Brazil’s steady GDP and payroll beat paint a picture of resilience. But the Iran oil shock is splitting EM: energy exporters (Brazil, Colombia) benefit, while energy importers (Egypt, South Africa, India) face currency pressure, higher inflation, and central bank credibility tests. South Africa’s expected rate reversal from cut to hike is the sharpest illustration of this dynamic.

Trades & Tilts

Long energy, short rate-cut bets. WTI at $77 has room to run while the Strait of Hormuz remains contested. ISM prices paid at 70.5 historically leads CPI by 3–6 months. The summer cut consensus is gone — position for no cuts through September 2026.
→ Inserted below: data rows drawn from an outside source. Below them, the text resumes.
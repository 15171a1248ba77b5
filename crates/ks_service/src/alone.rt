ghost use Rattle.std.specs.Prelude.{◌≡◌, ◌≤◌};
ghost use Rattle.ks_machine.specs.Fit.{Fit};
ghost use Rattle.ks_machine.specs.Fronts.{Front};
ghost use Rattle.ks_machine.specs.Told.{IsTellable};
ghost use Rattle.ks_state.specs.Decides.{Replied};

use crate::rounds::DECISIONS;
use crate::work::work;
use ks_auth::Facts;
use ks_machine::{Call, Cause, Reply};
use ks_outside::Open;
use ks_state::{Decides, Decision};
use std::alloc::Global;

/// Decides a call of a value that nobody else calls, and does the work that the decision asks for. `Memory` is the
/// reply where there was no memory to do the work or to decide.
pub fn answer_alone<I: Decides>(alloc: Global, state: &mut I, call: &Call) -> Reply
    requires fit { Fit call.now }
    requires stands { (f : Front) × I.stands state.old f }
    ensures replied { (f : Front) → I.stands state.old f → Replied I.stands I.kept f call.now result state.new }
    ensures kept { I.kept state.old ≤ I.kept state.new }
    ensures tellable { IsTellable result }
{
    let mut facts = Facts::new(alloc);
    for _ in 0..DECISIONS {
        match state.decide(call, &facts) {
            Decision::Done(reply) => return reply,
            Decision::Needs(needs) => {
                let Ok(()) = work(alloc, &needs, call, &mut facts, &Open) else {
                    return Reply::Refused(Cause::Memory);
                };
            }
        }
    }
    // Each work found a fact that was lacking, and so the last decision lacked none.
    unreachable!()
}
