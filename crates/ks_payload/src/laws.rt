//! Laws of the format. Their functions do nothing: their contracts are the laws.
ghost use Rattle.ks_payload.specs.Laws.{FindsEachPayload, FindsNoOther, HasOneReading, HasItsVersions, HasOneSpelling, HasNoProperPrefix, HasTheIdField};

/// What the computed reading finds is what the bytes spell.
pub fn readings()
    ensures some { FindsEachPayload }
    ensures none { FindsNoOther }
{}

/// A payload has a spelling in version 2, and one in version 1 exactly where its kind is 0 to 3.
pub fn versions()
    ensures { HasItsVersions }
{}

/// A payload has one spelling in a version.
pub fn one_spelling()
    ensures { HasOneSpelling }
{}

/// Bytes spell one payload at most.
pub fn one_reading()
    ensures { HasOneReading }
{}

/// No spelling is a proper prefix of another.
pub fn prefix_free()
    ensures { HasNoProperPrefix }
{}

/// The field of an id is the one that the format names.
pub fn id_fields()
    ensures { HasTheIdField }
{}
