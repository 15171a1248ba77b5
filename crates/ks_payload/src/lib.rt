//! The payload of an identity token: its bytes, written in version 2, and read in versions 1 and 2. The format is this
//! project's own.
//!
//! | Field | Bytes |
//! |---|---|
//! | version | 1 or 2 |
//! | kind | 0 unscoped, 1 domain, 2 project, 3 trust, and in version 2 4 system, 5 application credential |
//! | methods | 1 to 15, a bit for each |
//! | user | an id field |
//! | scope | kinds 0 and 4 nothing, 1 the domain, 2 the project, 3 the project, then the trust, 5 the project, then the credential: each an id field |
//! | expiry | 8 bytes, the highest first, at most 253,402,300,799 |
//! | audit ids | 1 and the token's 16 bytes; or 2, the token's 16 bytes and the chain's |
//!
//! An id field is 0 and 16 bytes where the id is the 32 lower hex digits of those bytes. Any other id is its
//! length and its bytes. So each payload has one spelling in version 2, and where its kind is 0 to 3 one in version 1.
#![tactic(auto)]

mod hex_id;
mod laws;
mod payload;
mod reading;
mod writing;

pub use hex_id::unpacked;
pub use laws::{id_fields, one_reading, one_spelling, prefix_free, readings, versions};
pub use payload::Payload;
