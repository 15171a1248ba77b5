//! Keys by which the texts of tokens are opened.
ghost use Rattle.std.specs.Prelude.{◌≡◌, IfOk};

use ks_base::{ListOf, Memory, Text};
use ks_fernet::{Opened, OpeningKey, open};
use ks_ring::HeldKey;
use std::alloc::Global;
use std::marker::Model;

/// A held key, as it is or taken in.
pub(crate) trait Opens {
    ghost use Rattle.ks_ring.specs.declared.held_key.HeldKey.{HeldKey};

    ghost stands_for: { Self → HeldKey };

    fn held(&self) -> HeldKey
        ensures { result ≡ stands_for self.now };

    /// Opens a copy of the text under the key's number.
    fn open(&self, alloc: Global, text: &Text) -> Result<Opened, Memory>
        ensures { IfOk result (λ opened. opened
            ≡ record { number = (stands_for self.now).number; key = (stands_for self.now).key; text = text.now }) };
}

impl Opens for HeldKey {
    ghost stands_for = { λ held. held };

    fn held(&self) -> HeldKey {
        *self
    }

    fn open(&self, alloc: Global, text: &Text) -> Result<Opened, Memory> {
        open(alloc, self.number, &self.key, text)
    }
}

/// A held key that was taken in, so that it opens each text at less cost. Contracts see it as the held key.
#[derive(Drop)]
pub(crate) struct TakenKey {
    index: u32,
    number: u64,
    key: OpeningKey,
}

impl Model for TakenKey {
    ghost use Rattle.ks_ring.specs.declared.held_key.HeldKey.{HeldKey};

    ghost Value = { HeldKey };

    ghost view = { λ taken. record { index = taken.index; number = taken.number; key = taken.key } };
}

impl TakenKey {
    fn of(held: &HeldKey) -> TakenKey
        ensures { result ≡ held.now }
    {
        TakenKey {
            index: held.index,
            number: held.number,
            key: OpeningKey::of(&held.key),
        }
    }
}

impl Opens for TakenKey {
    ghost stands_for = { λ taken. taken };

    fn held(&self) -> HeldKey {
        HeldKey {
            index: self.index,
            number: self.number,
            key: *self.key.key(),
        }
    }

    fn open(&self, alloc: Global, text: &Text) -> Result<Opened, Memory> {
        self.key.open(alloc, self.number, text)
    }
}

/// The keys taken in, in their order.
pub(crate) fn taken_in(alloc: Global, keys: &[HeldKey]) -> Result<ListOf<TakenKey>, Memory>
    ensures { IfOk result (λ taken. taken ≡ keys.now) }
{
    let mut taken = Vec::with_capacity(alloc, keys.len())?;
    for held in keys {
        taken.push(TakenKey::of(held))?;
    }
    Ok(ListOf::from_vec(taken))
}
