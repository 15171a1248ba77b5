//! Ids of 32 lower hex digits, and the 16 bytes that they stand for.
ghost use Rattle.std.specs.Prelude.{◌≡◌, IsTrue};
ghost use Rattle.std.specs.List.{list_all};
ghost use Rattle.hex.specs.Hex.{encode_lower};
ghost use Rattle.ks_payload.specs.IdFields.{is_lower_digit, is_hex_id, bytes_of_digits};

use ks_base::Id;

fn is_lower_digit(byte: u8) -> bool
    ensures { result ≡ is_lower_digit byte }
{
    matches!(byte, b'0'..=b'9' | b'a'..=b'f')
}

fn are_lower_digits(text: &[u8]) -> bool
    ensures { result ≡ list_all is_lower_digit text.now }
{
    text.iter().all(|byte| is_lower_digit(*byte))
}

/// Whether this is 32 lower hex digits.
#[tactic(auto, unfolding(crate::specs::IdFields::is_hex_id))]
pub fn is_hex_id(id: &[u8]) -> bool
    ensures { result ≡ is_hex_id id.now }
{
    if id.len() != 32 {
        return false;
    }
    are_lower_digits(id)
}

/// The 16 bytes whose digits the id is.
pub fn packed(id: &[u8]) -> [u8; 16]
    requires { IsTrue (is_hex_id id.now) }
    ensures { result ≡ bytes_of_digits id.now }
{
    let mut bytes = [0u8; 16];
    let Ok(()) = hex::decode_to_slice(id, &mut bytes) else {
        unreachable!();
    };
    bytes
}

/// The id of 32 lower hex digits that spell these bytes, as an id field reads it.
pub fn unpacked(bytes: &[u8; 16]) -> Id
    ensures { result ≡ encode_lower bytes.now }
{
    let mut digits = [0u8; 32];
    let Ok(()) = hex::encode_to_slice(bytes.as_slice(), &mut digits) else {
        unreachable!();
    };
    let Ok(id) = Id::read(&digits) else {
        unreachable!();
    };
    id
}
Long defense, energy infrastructure. Northrop Grumman, Palantir, and AeroVironment have demonstrated sustained institutional inflows since the conflict began. The conflict premium is not fully priced for a four-to-five week timeline.
Overweight Australia, underweight EM oil importers. Australia’s blowout GDP and RBA hawkish stance support AUD on dips. India, Egypt, and South Africa face current account deterioration and currency pressure from sustained oil above $75.
Watch gold as stagflation hedge, not safe-haven trade. Gold touched $5,419 before a dollar rally trimmed gains. The gold-yield divergence (both rising) signals a structural shift — hold gold as an inflation proxy, not a simple risk-off bet. Key support at $5,300.
China split play: Caixin long, NBS sectors cautious. Caixin Services at 56.7 signals domestic Chinese consumer strength that is being missed by markets focused on NBS manufacturing weakness. Consumer-facing Chinese equities offer an overlooked opportunity as domestic demand recovers independently of export headwinds.